**Exercise description:** Both the line containing "use core_terms::Stop;" and the line containing "that of the" belong to the span. Output exactly that span from the listing below, and nothing outside it.

(Data extracts)

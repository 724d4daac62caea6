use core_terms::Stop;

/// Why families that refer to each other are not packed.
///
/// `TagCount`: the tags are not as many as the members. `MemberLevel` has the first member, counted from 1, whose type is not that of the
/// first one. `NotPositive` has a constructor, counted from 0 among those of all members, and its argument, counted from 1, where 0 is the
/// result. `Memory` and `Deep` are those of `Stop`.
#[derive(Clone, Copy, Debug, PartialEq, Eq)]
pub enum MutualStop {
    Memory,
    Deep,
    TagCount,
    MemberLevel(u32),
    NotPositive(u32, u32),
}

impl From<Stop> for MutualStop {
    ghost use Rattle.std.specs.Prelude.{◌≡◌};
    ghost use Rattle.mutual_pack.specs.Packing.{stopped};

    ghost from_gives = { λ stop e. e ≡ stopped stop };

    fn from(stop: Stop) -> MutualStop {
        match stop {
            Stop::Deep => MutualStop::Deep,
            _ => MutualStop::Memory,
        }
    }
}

(End Data extracts)
(Data extracts)

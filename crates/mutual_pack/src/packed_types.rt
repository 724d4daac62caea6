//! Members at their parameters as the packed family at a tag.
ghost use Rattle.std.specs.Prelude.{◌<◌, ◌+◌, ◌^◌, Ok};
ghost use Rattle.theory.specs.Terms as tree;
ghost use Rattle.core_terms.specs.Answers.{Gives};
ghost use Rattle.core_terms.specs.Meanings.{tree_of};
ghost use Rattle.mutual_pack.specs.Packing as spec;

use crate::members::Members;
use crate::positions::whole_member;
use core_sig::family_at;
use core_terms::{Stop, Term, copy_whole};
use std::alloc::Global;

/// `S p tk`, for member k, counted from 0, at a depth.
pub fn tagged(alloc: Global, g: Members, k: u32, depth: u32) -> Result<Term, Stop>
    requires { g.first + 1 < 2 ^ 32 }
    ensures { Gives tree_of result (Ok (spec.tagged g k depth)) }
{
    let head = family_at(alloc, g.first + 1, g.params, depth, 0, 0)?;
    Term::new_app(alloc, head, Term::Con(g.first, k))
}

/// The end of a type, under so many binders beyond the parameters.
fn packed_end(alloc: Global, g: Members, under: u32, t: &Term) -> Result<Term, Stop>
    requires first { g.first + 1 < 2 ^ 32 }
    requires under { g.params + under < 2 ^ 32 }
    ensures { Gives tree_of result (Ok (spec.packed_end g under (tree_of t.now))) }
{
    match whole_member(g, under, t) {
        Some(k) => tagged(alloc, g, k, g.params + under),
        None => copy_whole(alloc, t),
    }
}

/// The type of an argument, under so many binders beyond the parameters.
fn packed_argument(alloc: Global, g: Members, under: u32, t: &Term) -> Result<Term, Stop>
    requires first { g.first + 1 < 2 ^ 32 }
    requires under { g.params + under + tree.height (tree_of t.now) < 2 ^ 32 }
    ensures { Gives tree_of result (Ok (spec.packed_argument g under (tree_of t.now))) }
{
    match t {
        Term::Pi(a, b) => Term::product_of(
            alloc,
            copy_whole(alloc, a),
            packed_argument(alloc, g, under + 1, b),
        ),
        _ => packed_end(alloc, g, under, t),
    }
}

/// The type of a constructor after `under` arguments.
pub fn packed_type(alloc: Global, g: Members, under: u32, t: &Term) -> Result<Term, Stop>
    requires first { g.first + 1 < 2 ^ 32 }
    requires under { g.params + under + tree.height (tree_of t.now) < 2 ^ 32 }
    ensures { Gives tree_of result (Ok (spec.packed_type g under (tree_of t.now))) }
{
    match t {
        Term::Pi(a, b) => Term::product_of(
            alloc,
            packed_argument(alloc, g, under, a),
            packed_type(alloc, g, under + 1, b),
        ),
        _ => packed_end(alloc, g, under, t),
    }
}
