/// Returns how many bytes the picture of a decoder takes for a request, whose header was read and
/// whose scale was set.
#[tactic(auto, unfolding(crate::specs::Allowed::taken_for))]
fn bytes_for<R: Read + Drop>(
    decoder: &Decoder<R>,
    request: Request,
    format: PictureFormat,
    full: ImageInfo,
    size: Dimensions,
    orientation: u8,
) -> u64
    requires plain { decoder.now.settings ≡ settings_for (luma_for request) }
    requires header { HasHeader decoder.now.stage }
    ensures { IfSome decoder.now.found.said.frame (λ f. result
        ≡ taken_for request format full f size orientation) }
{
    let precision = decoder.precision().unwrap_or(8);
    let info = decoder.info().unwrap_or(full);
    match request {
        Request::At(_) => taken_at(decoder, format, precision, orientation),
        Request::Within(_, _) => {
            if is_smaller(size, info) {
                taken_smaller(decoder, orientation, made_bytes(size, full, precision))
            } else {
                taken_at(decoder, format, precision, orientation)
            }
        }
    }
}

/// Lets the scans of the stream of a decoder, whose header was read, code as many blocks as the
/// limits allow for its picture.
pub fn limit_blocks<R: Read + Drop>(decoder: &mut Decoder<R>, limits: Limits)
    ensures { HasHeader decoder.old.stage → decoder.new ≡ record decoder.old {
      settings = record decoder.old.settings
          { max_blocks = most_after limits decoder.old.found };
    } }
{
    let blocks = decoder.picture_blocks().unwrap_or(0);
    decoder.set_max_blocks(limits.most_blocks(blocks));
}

(End Data extracts)

**Your solution:**
use core_terms::Stop;

/// Why families that refer to each other are not packed.
///
/// `TagCount`: the tags are not as many as the members. `MemberLevel` has the first member, counted from 1, whose type is not that of the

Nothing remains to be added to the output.